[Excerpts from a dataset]
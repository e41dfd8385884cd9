//! What is counted of a run, or of several.

use crate::rules::{RULES, Rule};
use rc_types::{Body, Event, EventKind, Kind, Message};

/// How many kinds of events there are.
const EVENTS: usize = EventKind::ALL.len();

/// How many kinds of messages there are.
const BODIES: usize = Kind::ALL.len();

/// How many codes there are, and one more, for their numbers begin at 1. One beyond it would not be counted: a new
/// code raises it.
const CODES: usize = 22;

/// How many outcomes are counted by name.
pub(crate) const OUTCOMES: usize = 9;

/// Their names.
pub(crate) const OUTCOME_NAMES: [&str; OUTCOMES] = [
    "acknowledged",
    "rolls",
    "epochs-committed",
    "members-replaced",
    "fenced-writes",
    "zombie-acknowledgements",
    "parts-recovered",
    "most-owners",
    "segments-freed",
];

/// What is counted of a run, or of several.
#[derive(Clone, Copy)]
pub struct Counts {
    /// Of each kind of event, how many happened.
    pub(crate) events: [u64; EVENTS],
    /// Of each kind of message, how many were sent.
    pub(crate) bodies: [u64; BODIES],
    /// Of each code, how often something was refused with it.
    pub(crate) refused: [u64; CODES],
    /// Of each rule, how often it was reached.
    pub(crate) rules: [u64; RULES],
    /// Epochs above a segment's first one that were committed.
    pub(crate) epochs: u64,
    /// Places, Appends and Closes of a master that a backup had fenced.
    pub(crate) fenced: u64,
    /// Writes that a master acknowledged after it had been suspected.
    pub(crate) zombies: u64,
    /// Parts that were granted to a recovery master.
    pub(crate) recovered: u64,
    /// The most owners that a key has had in turn.
    pub(crate) owners: u64,
}

/// One more of this.
pub(crate) fn more(count: &mut u64) {
    *count = count.saturating_add(1);
}

/// One more at this place, where there is one.
fn more_at(counts: &mut [u64], at: usize) {
    if at < counts.len() {
        counts[at] = counts[at].saturating_add(1);
    }
}

/// Adds others at each place.
fn add_each(counts: &mut [u64], others: &[u64]) {
    for (count, other) in counts.iter_mut().zip(others) {
        *count = count.saturating_add(*other);
    }
}

impl Counts {
    /// Nothing has happened.
    pub(crate) fn new() -> Counts {
        Counts {
            events: [0; EVENTS],
            bodies: [0; BODIES],
            refused: [0; CODES],
            rules: [0; RULES],
            epochs: 0,
            fenced: 0,
            zombies: 0,
            recovered: 0,
            owners: 0,
        }
    }

    /// This rule was reached.
    pub(crate) fn reach(&mut self, rule: Rule) {
        more_at(&mut self.rules, rule as usize);
    }

    /// This rule was reached, if this holds.
    pub(crate) fn reach_if(&mut self, holds: bool, rule: Rule) {
        if holds {
            self.reach(rule);
        }
    }

    /// How often this rule was reached.
    pub(crate) fn reached(&self, rule: Rule) -> u64 {
        self.rules.get(rule as usize).copied().unwrap_or(0)
    }

    /// One more event.
    pub(crate) fn event(&mut self, event: &Event) {
        more_at(&mut self.events, EventKind::of(event).number().into());
    }

    /// One more message.
    pub(crate) fn message(&mut self, message: &Message) {
        more_at(&mut self.bodies, Kind::of(&message.body).number().into());
        if let Body::Refused { code } = &message.body {
            more_at(&mut self.refused, code.number() as usize);
        }
    }

    /// All that was counted of another run too.
    pub(crate) fn add(&mut self, other: &Counts) {
        add_each(&mut self.events, &other.events);
        add_each(&mut self.bodies, &other.bodies);
        add_each(&mut self.refused, &other.refused);
        add_each(&mut self.rules, &other.rules);
        self.epochs = self.epochs.saturating_add(other.epochs);
        self.fenced = self.fenced.saturating_add(other.fenced);
        self.zombies = self.zombies.saturating_add(other.zombies);
        self.recovered = self.recovered.saturating_add(other.recovered);
        self.owners = self.owners.max(other.owners);
    }

    /// What came of the events, in the order of its names.
    pub(crate) fn outcomes(&self) -> [u64; OUTCOMES] {
        [
            self.bodies[Kind::WriteOk as usize],
            self.reached(Rule::Roll),
            self.epochs,
            self.reached(Rule::MemberReplaced),
            self.fenced,
            self.zombies,
            self.recovered,
            self.owners,
            self.bodies[Kind::Free as usize],
        ]
    }
}

/// The sum of these.
pub(crate) fn sum(counts: &[u64]) -> u64 {
    let counts = counts.iter();
    counts.fold(0u64, |all, count| all.saturating_add(*count))
}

● **WHAT THE EXERCISE ASKS**: When a line above contains the string "rules", copy that line.

● **ANSWER SPACE**:
use crate::rules::{RULES, Rule};
    pub(crate) rules: [u64; RULES],
            rules: [0; RULES],
        more_at(&mut self.rules, rule as usize);
        self.rules.get(rule as usize).copied().unwrap_or(0)
        add_each(&mut self.rules, &other.rules);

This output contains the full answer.